Re: [PATCH v2] nvme: provide fallback for discard alloc failure

Keith Busch <keith.busch@xxxxxxxxx> · Wed, 12 Dec 2018 09:50:17 -0700

On Wed, Dec 12, 2018 at 09:36:36AM -0700, Jens Axboe wrote:
> On 12/12/18 9:28 AM, Keith Busch wrote:
> > On Wed, Dec 12, 2018 at 09:18:11AM -0700, Jens Axboe wrote:
> >> When boxes are run near (or to) OOM, we have a problem with the discard
> >> page allocation in nvme. If we fail allocating the special page, we
> >> return busy, and it'll get retried. But since ordering is honored for
> >> dispatch requests, we can keep retrying this same IO and failing.
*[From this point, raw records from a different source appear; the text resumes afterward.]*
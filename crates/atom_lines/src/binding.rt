//! How a formula's names are bound to a header's columns.
ghost use Rattle.std.specs.Prelude.{◌≡◌, ◌<◌, ◌∷◌, [], ℕ, length, All, IfOk, IfErr, MatchOption, MatchResult, slice_index_or};
ghost use Rattle.stl_syntax.specs.Trace.{Column};
ghost use Rattle.stl_syntax.specs.Binding.{HasColumn, HasColumns};
ghost use Rattle.atom_lines.specs.Binding.{IsBound, IsColumn, IsAtomBinding};
ghost use Rattle.atom_lines.specs.Faults.{IsBindFault, IsFaultAt, IsNodeFault, IsNodeBinding, LacksColumn};
ghost use Rattle.atom_lines.specs.Sums.{IsAtomSound, IsNodeSound};

use crate::bound::Bound;
use crate::bound_atom::{BoundAtom, BoundTerm};
use std::alloc::Global;
use stl_syntax::{Atom, Formula, Node};
use trace_reader::Header;

/// Why a formula is not bound.
#[derive(Clone, Copy, Debug, PartialEq, Eq)]
pub enum BindFault {
    /// The first term, in post-order, whose name is no column: the node of its atom, and its place in it.
    UnknownColumn { atom: u32, term: u32 },
    /// Want of memory.
    Memory,
}

/// The place of the first column of that name.
fn column_of(header: &Header, name: &str) -> Option<usize>
    ensures { MatchOption result
        (LacksColumn header.now.columns name.now)
        (λ c. (d : Column) → IsColumn header.now.columns name.now c (slice_index_or header.now.columns c d).step) }
{
    for i in 0..header.columns() {
        if header.name(i) == name {
            return Some(i);
        }
    }
    None
}

/// The atom at a node, with columns in place of names.
fn bind_atom(alloc: Global, header: &Header, node: u32, atom: &Atom) -> Result<BoundAtom, BindFault>
    ensures ok { IfOk result (IsAtomBinding header.now.columns atom.now) }
    ensures sound { IfOk result (IsAtomSound (length header.now.columns)) }
    ensures named { IfOk result (λ _. All (HasColumn header.now.columns) atom.now.terms) }
    ensures err { IfErr result (IsNodeFault header.now.columns node atom.now) }
{
    let mut terms = Vec::new(alloc);
    for i in 0..atom.terms() {
        let term = atom.term(i);
        let Some(column) = column_of(header, term.name().as_str()) else {
            return Err(BindFault::UnknownColumn {
                atom: node,
                term: i as u32,
            });
        };
        let bound = BoundTerm {
            coef: term.coef(),
            column,
            step: header.step(column),
        };
        if terms.push(bound).is_err() {
            return Err(BindFault::Memory);
        }
    }
    Ok(BoundAtom {
        terms,
        rel: atom.rel(),
        limit: atom.limit(),
    })
}

/// What the node's place holds in a binding.
fn bind_node(
    alloc: Global,
    header: &Header,
    place: u32,
    node: &Node,
) -> Result<Option<BoundAtom>, BindFault>
    ensures ok { IfOk result (IsNodeBinding header.now.columns node.now) }
    ensures sound { IfOk result (IsNodeSound (length header.now.columns)) }
    ensures named { IfOk result (λ _. HasColumns header.now.columns node.now) }
    ensures err { IfErr result (IsFaultAt header.now.columns place node.now) }
{
    match node {
        Node::Atom(atom) => match bind_atom(alloc, header, place, atom) {
            Ok(atom) => Ok(Some(atom)),
            Err(fault) => Err(fault),
        },
        _ => Ok(None),
    }
}

/// Binds the names of a formula to the columns of a header.
///
/// It is refused exactly where a term names no column, by the first such term in post-order.
///
/// # Errors
///
/// `UnknownColumn` at the first term, in post-order, that names no column of the header; `Memory` where memory is wanting.
pub fn bind(alloc: Global, formula: &Formula, header: &Header) -> Result<Bound, BindFault>
    ensures ok { IfOk result (λ b. IsBound b formula.now header.now) }
    ensures named { IfOk result (λ _. All (HasColumns header.now.columns) formula.now.nodes) }
    ensures err { IfErr result (IsBindFault header.now.columns formula.now) }
{
    let mut atoms = Vec::new(alloc);
    for i in 0..formula.len() {
        let atom = match bind_node(alloc, header, i, formula.node(i)) {
            Ok(atom) => atom,
            Err(fault) => return Err(fault),
        };
        if atoms.push(atom).is_err() {
            return Err(BindFault::Memory);
        }
    }
    Ok(Bound::of(header.columns(), atoms))
}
Behind
> >> that IO could be requests that want to free memory, but they never get
> >> the chance.
> >>
> >> Allocate a fixed discard page per controller for a safe fallback, and use
> >> that if the initial allocation fails.
> > 
> > Do we need to allocate this per controller? One page for the whole driver
> > may be sufficient to make forward progress, right?
> 
> It should be, but that might create a shit storm if we're OOM and have
> tons of drives. I think one per controller is saner, and it's dwarfed
> by memory we consume anyway in static allocations.

Okay fair enough.

Reviewed-by: Keith Busch <keith.busch@xxxxxxxxx>